Imagine if you were in the shoes of capitol's date. The guy from online meets you, looks at you, and thinks, "Ugh. This chick does not look like her photos. I feel she deliberately mislead me. That both shows she's a liar and has low self-esteem. But I'm going to be a nice guy and chat with her for ten minutes before leaving." Then after the date is over a friend asks, "So, how was it?" And you say, "He chatted with me for 10 minutes before leaving. That must mean he found me unattractive from the start. But he wanted to be a nice guy by making pointless small talk to let me down easy. And I appreciate him for that."
Mislead is right. Some can't even keep their own name straight. It's always a game.
What's the point of chatting for 5-10 minutes? As capitol said, that's not even a date. That's frivolous small talk.
Imagine if you were in the shoes of capitol's date. The guy from online meets you, looks at you, and thinks, "Ugh. This chick does not look like her photos. I feel she deliberately mislead me. That both shows she's a liar and has low self-esteem. But I'm going to be a nice guy and chat with her for ten minutes before leaving." Then after the date is over a friend asks, "So, how was it?" And you say, "He chatted with me for 10 minutes before leaving. That must mean he found me unattractive from the start. But he wanted to be a nice guy by making pointless small talk to let me down easy. And I appreciate him for that."
Interestingly, that's exactly how I met a good male friend of mine.... who I then introduced to his now girlfriend who I went to college with.
He wasn't into me physically but we got along really well. Our paths crossed and he was a decent person who didn't just write me off because in person I wasn't his cup of tea. Because of that, he now has a girlfriend that he met through me.
So, by not being an ass you could be opening yourself up to friendships and a potentially larger social circle.
Of course, this means you'd have to look at women as actual people and not just as potential people to date/have sex with.
What ever happened to just being DECENT to others? What the OP did was horribly rude. Having a 20-30 minute conversation would not have killed you, OP.

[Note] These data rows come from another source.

// What a form picks of a table, and how it heads it.
ghost use Rattle.std.specs.Prelude.{◌≡◌, IfOk, [], filter, map};
ghost use Rattle.cite_schema.specs.Answers.{IsAnswer};
ghost use Rattle.subset_query.specs.Forms.{formed, in_set, in_sets};
ghost use Rattle.subset_query.specs.Keys.{HaveOwnKeys};

use crate::form::{ColumnSet, Normal};
use cite_schema::{ByteText, Item, List, NoMemory, Row, Shown, Value};
use stable_order::arrange;
use std::alloc::Global;

impl Normal {
    /// Whether the form picks the row: whether each cell is in its column's set. It takes no memory, and a search in
    /// each set.
    pub fn picks(&self, row: &Row) -> bool
        ensures { result ≡ (formed self.now).keeps row.now }
    {
        match self {
            Normal::Nothing { .. } => false,
            Normal::Some { sets, .. } => are_in_sets(sets.as_slice(), row.values().as_slice()),
        }
    }

    /// The items of the form's results; where it picks nothing, each label with an empty constant.
    pub fn heads(&self, alloc: Global) -> Result<List<Item>, NoMemory>
        ensures { IfOk result (λ items. items ≡ (formed self.now).items) }
    {
        match self {
            Normal::Nothing { labels } => empty_items(alloc, labels.as_slice()),
            Normal::Some { items, .. } => copied_items(alloc, items.as_slice()),
        }
    }

    /// The rows that the form picks, in its order and then by the key. The rows are moved: it takes one pass over them
    /// and one sort of those that are picked.
    pub fn rows(&self, alloc: Global, rows: List<Row>) -> Result<List<Row>, NoMemory>
        requires { HaveOwnKeys rows }
        ensures { IfOk result (λ picked. IsAnswer (formed self.now) rows picked) }
    {
        match self {
            Normal::Nothing { .. } => Ok(List::new(alloc)),
            Normal::Some { sets, order, .. } => {
                let kept = kept_rows(sets.as_slice(), rows);
                let picked = arrange(alloc, kept, order)?;
                Ok(picked)
            }
        }
    }
}

// Whether each cell is in its column's set, and there is one for each column.
fn are_in_sets(sets: &[ColumnSet], values: &[Value]) -> bool
    ensures { result ≡ in_sets sets.now values.now }
{
    if sets.len() != values.len() {
        return false;
    }
    for i in 0..sets.len() {
        if !is_in_set(&sets[i], &values[i]) {
            return false;
        }
    }
    true
}

// The rows whose cells are in the sets, in the order in which they stood.
fn kept_rows(sets: &[ColumnSet], rows: List<Row>) -> List<Row>
    ensures { result ≡ filter (λ r. in_sets sets.now r) rows }
{
    let mut kept = rows.into_vec();
    kept.retain(|row| are_in_sets(sets, row.values().as_slice()));
    List::from_vec(kept)
}

fn is_in_set(set: &ColumnSet, value: &Value) -> bool
    ensures { result ≡ in_set set.now value.now }
{
    match (set, value) {
        (ColumnSet::Ints(numbers), Value::Int(number)) => numbers.has(number),
        (ColumnSet::Texts(texts), Value::Text(text)) => texts.has(text),
        _ => false,
    }
}

fn empty_items(alloc: Global, labels: &[ByteText]) -> Result<List<Item>, NoMemory>
    ensures { IfOk result (λ items. items ≡ map (λ label. record { label = label; what = Shown.Constant [] }) labels.now) }
{
    let mut items = List::new(alloc);
    for label in labels {
        items.push(Item {
            label: label.copy()?,
            what: Shown::Constant(List::new(alloc)),
        })?;
    }
    Ok(items)
}

fn copied_items(alloc: Global, items: &[Item]) -> Result<List<Item>, NoMemory>
    ensures { IfOk result (λ copied. copied ≡ items.now) }
{
    let mut copied = List::new(alloc);
    for item in items {
        copied.push(copied_item(item)?)?;
    }
    Ok(copied)
}

fn copied_item(item: &Item) -> Result<Item, NoMemory>
    ensures { IfOk result (λ copied. copied ≡ item.now) }
{
    let label = item.label.copy()?;
    let what = match &item.what {
        Shown::Column(column) => Shown::Column(*column),
        Shown::Constant(text) => Shown::Constant(text.copy()?),
    };
    Ok(Item { label, what })
}

#[cfg(test)]
mod tests;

In one of your earlier posts, you asked if Donald Trump would waste him time talking to someone.... well, you are NOT Donald Trump. Although it seems you have an overstuffed, high opinion of yourself though.
OP, would you have thought it was acceptable for someone to do what you did to someone you really cared about? A sister? Your mom? A good friend?
Of the people who think what the OP did was fine, how many of you would be OK with approaching someone who looks you up and down and turns away with a flat rejection? Or are feelings only important when they're yours?
What ever happened to just being DECENT to others? What the OP did was horribly rude. Having a 20-30 minute conversation would not have killed you, OP.
In one of your earlier posts, you asked if Donald Trump would waste him time talking to someone.... well, you are NOT Donald Trump. Although it seems you have an overstuffed, high opinion of yourself though.
OP, would you have thought it was accpetable for someone to do what you did to someone you really cared about? A sister? Your mom? A good friend?
I've seen far far worse, let me tell you. It comforts me in the end. They have to live with the guilt.
Should kill 'em inside but it doesn't.
It's like tiptoeing through the red hot charcoal and dancing the *** with a smile.
What is he supposed to do? Waste his time and money acting like he likes her or is interested? Maybe it would have be better if he acted like he liked her, slept with her, then dumped her. Would that make you people happy?
What makes you think she would have slept with him????